//! Rows whose fields need no quotes, as records.
//!
//! The rows of a sorted answer are anywhere among its cells, so reading a row waits for memory.
//! Here the ends of a block of rows are read before its first row is written: such short reads
//! don't wait for one another.
ghost use Rattle.std.specs.Prelude.{◌≡◌, ◌≤◌, ◌<◌, ◌+◌, ◌++◌, ◌∷◌, ◌==◌, [], List, ℕ, IfOk, IfSome, codes, false, true, length, take};
ghost use Rattle.std.specs.Fmt.{decimal, signed_decimal};
ghost use Rattle.csv.specs.Writing.{default_writer, field_text, needs_byte, needs_quotes};
ghost use Rattle.gq_row.specs.Rows.{cell};
ghost use Rattle.gq_cells.specs.Cells.{value_of};
ghost use Rattle.gq_reply.specs.Bare.{is_plain, row_record};
ghost use Rattle.gq_reply.specs.Replies.{cell_text};

use crate::buffer::CAPACITY;
use crate::digits::write_number;
use crate::plain::{MOST, copy_plain, is_plain, needs_byte};
use gq_cells::{CellRef, RowRef, Rows, TextRef};

// How many rows are looked at before the first of them is written.
const AHEAD: usize = 64;

// Where the block of rows ends that begins at `start`.
pub(crate) fn block_end(start: usize, rows: usize) -> usize
    requires { start ≤ rows }
    ensures order { start ≤ result }
    ensures more { start < rows → start < result }
    ensures within { result ≤ rows }
{
    if rows - start <= AHEAD {
        rows
    } else {
        start + AHEAD
    }
}

// Whether the rows from `start` up to `end` are probably bare, by some of their values. Reading these first saves
// time: both ends of all rows, and then one text of each that is out of line. No contract covers it.
pub(crate) fn may_be_bare(rows: &Rows, start: usize, end: usize) -> bool
    requires { end ≤ length rows.now }
{
    let have_number_ends = rows.have_number_ends(start, end);
    match borrowed_column(rows, start, end) {
        Some(column) => {
            rows.have_texts_apart(start, end, column)
                || all_may_be_bare(rows, start, end, Checked::At(column))
        }
        None => have_number_ends || all_may_be_bare(rows, start, end, Checked::Ends),
    }
}

// Which values of a row are checked.
#[derive(Clone, Copy)]
enum Checked {
    Ends,
    At(usize),
}

#[inline(always)]
fn all_may_be_bare(rows: &Rows, start: usize, end: usize, checked: Checked) -> bool
    requires { end ≤ length rows.now }
{
    for i in start..end {
        if !row_may_be_bare(&rows.row(i), checked) {
            return false;
        }
    }
    true
}

#[inline(always)]
fn row_may_be_bare(row: &RowRef<'_>, checked: Checked) -> bool {
    let Some(last) = row.len().checked_sub(1) else {
        return false;
    };
    match checked {
        Checked::Ends => cell_may_be_bare(row.cell(0)) && cell_may_be_bare(row.cell(last)),
        Checked::At(column) => cell_may_be_bare(row.cell(column.min(last))),
    }
}

// The column of the first borrowed text in the first of these rows; most others have one there, too.
#[inline(always)]
fn borrowed_column(rows: &Rows, start: usize, end: usize) -> Option<usize>
    requires { end ≤ length rows.now }
{
    if start >= end {
        return None;
    }
    let row = rows.row(start);
    for column in 0..row.len() {
        if is_borrowed(row.cell(column)) {
            return Some(column);
        }
    }
    None
}

#[inline(always)]
fn is_borrowed(cell: CellRef<'_>) -> bool {
    match cell {
        CellRef::Text(TextRef::Stored(_)) | CellRef::NoCase(TextRef::Stored(_)) => true,
        CellRef::Text(TextRef::Short(_)) | CellRef::NoCase(TextRef::Short(_)) => false,
        CellRef::Null | CellRef::Int(_) => false,
    }
}

// Whether a cell is probably bare; of a text only the last byte is checked.
#[inline(always)]
fn cell_may_be_bare(cell: CellRef<'_>) -> bool {
    match cell {
        CellRef::Null => true,
        // The comparison reads the number. The minimum is left to the CSV writer.
        CellRef::Int(n) => n != i64::MIN,
        CellRef::Text(text) | CellRef::NoCase(text) => ends_plainly(text.as_str().as_bytes()),
    }
}

// Whether a field has a last byte, and that byte needs no quotes.
#[inline(always)]
fn ends_plainly(field: &[u8]) -> bool {
    match field.last() {
        Some(byte) => !needs_byte(*byte),
        None => false,
    }
}

// Writes the record of a row at a position of the buffer, and returns the position after it.
#[inline(always)]
pub(crate) fn write_row(buffer: &mut [u8; CAPACITY], at: usize, row: &RowRef<'_>) -> Option<usize>
    requires { at ≤ CAPACITY }
    ensures kept { take at buffer.new ≡ take at buffer.old }
    ensures within { IfSome result (λ next. next ≤ CAPACITY) }
    ensures written { IfSome result (λ next. take next buffer.new ≡ take at buffer.old ++ row_record row.now) }
{
    if row.is_empty() {
        return None;
    }
    let mut next = at;
    for column in 0..row.len() {
        next = write_cell(buffer, next, row, column)?;
    }
    // The comma after the last field becomes the end of the line.
    buffer[next - 1] = b'\n';
    Some(next)
}

// Writes the field of the cell in a column, and a comma. Returns none if the cell isn't bare, or
// doesn't fit; then bytes from `at` on may be overwritten.
#[inline(always)]
fn write_cell(
    buffer: &mut [u8; CAPACITY],
    at: usize,
    row: &RowRef<'_>,
    column: usize,
) -> Option<usize>
    requires at { at ≤ CAPACITY }
    requires column { column < length row.now }
    ensures kept { take at buffer.new ≡ take at buffer.old }
    ensures within { IfSome result (λ next. (at < next) × (next ≤ CAPACITY)) }
    ensures field { IfSome result (λ next. take next buffer.new ≡
        take at buffer.old ++ field_text default_writer (cell_text (cell row.now column)) ++ 44 ∷ []) }
    ensures shown { IfSome result (λ _. (length (field_text default_writer (cell_text (cell row.now column))) == 0) ≡ false) }
{
    // Tested before the cell is read, so that each kind of cell goes straight to its own code.
    if at >= CAPACITY - MOST {
        return None;
    }
    let next = write_field(buffer, at, row.cell(column))?;
    buffer[next] = b',';
    Some(next + 1)
}

// Writes the field of a cell. Leaves room for the byte after it.
#[inline(always)]
fn write_field(buffer: &mut [u8; CAPACITY], at: usize, cell: CellRef<'_>) -> Option<usize>
    requires { at + MOST < CAPACITY }
    ensures kept { take at buffer.new ≡ take at buffer.old }
    ensures within { IfSome result (λ next. (at ≤ next) × (next < CAPACITY)) }
    ensures written { IfSome result (λ next. take next buffer.new ≡ take at buffer.old ++ cell_text (value_of cell.entry)) }
    ensures plain { IfSome result (λ _. is_plain (cell_text (value_of cell.entry)) ≡ true) }
{
    match cell {
        CellRef::Null => Some(write_null(buffer, at)),
        CellRef::Int(n) => Some(write_number(buffer, at, n)),
        CellRef::Text(field) | CellRef::NoCase(field) => {
            write_text(buffer, at, field.as_str().as_bytes())
        }
    }
}

#[inline(always)]
fn write_null(buffer: &mut [u8], at: usize) -> usize
    requires { at + 2 ≤ length buffer.old }
    ensures written { take result buffer.new ≡ take at buffer.old ++ codes "\\N" }
    ensures end { result ≡ at + 2 }
{
    buffer[at] = b'\\';
    buffer[at + 1] = b'N';
    at + 2
}

// Writes a plain field. Leaves room for the byte after it.
#[inline(always)]
fn write_text(buffer: &mut [u8], at: usize, field: &[u8]) -> Option<usize>
    requires { at + MOST < length buffer.old }
    ensures kept { take at buffer.new ≡ take at buffer.old }
    ensures within { IfSome result (λ next. (at ≤ next) × (next < length buffer.old)) }
    ensures written { IfSome result (λ next. take next buffer.new ≡ take at buffer.old ++ field.now) }
    ensures plain { IfSome result (λ _. is_plain field.now ≡ true) }
{
    if field.len() > MOST {
        return write_long_text(buffer, at, field);
    }
    if !copy_plain(&mut buffer[at..], field) {
        return None;
    }
    Some(at + field.len())
}

// Writes a plain field of any length.
#[inline(never)]
fn write_long_text(buffer: &mut [u8], at: usize, field: &[u8]) -> Option<usize>
    requires { at ≤ length buffer.old }
    ensures kept { take at buffer.new ≡ take at buffer.old }
    ensures within { IfSome result (λ next. (at ≤ next) × (next < length buffer.old)) }
    ensures written { IfSome result (λ next. take next buffer.new ≡ take at buffer.old ++ field.now) }
    ensures plain { IfSome result (λ _. is_plain field.now ≡ true) }
{
    if field.len() >= buffer.len() - at || !is_plain(field) {
        return None;
    }
    let next = at + field.len();
    buffer[at..next].copy_from_slice(field);
    Some(next)
}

------------------------------------

TASK DETAILS
Set down the lines above as they stand, starting with the first line and ending with the line that contains "for one another.".

YOUR RESPONSE
//! Rows whose fields need no quotes, as records.
//!
//! The rows of a sorted answer are anywhere among its cells, so reading a row waits for memory.
//! Here the ends of a block of rows are read before its first row is written: such short reads
//! don't wait for one another.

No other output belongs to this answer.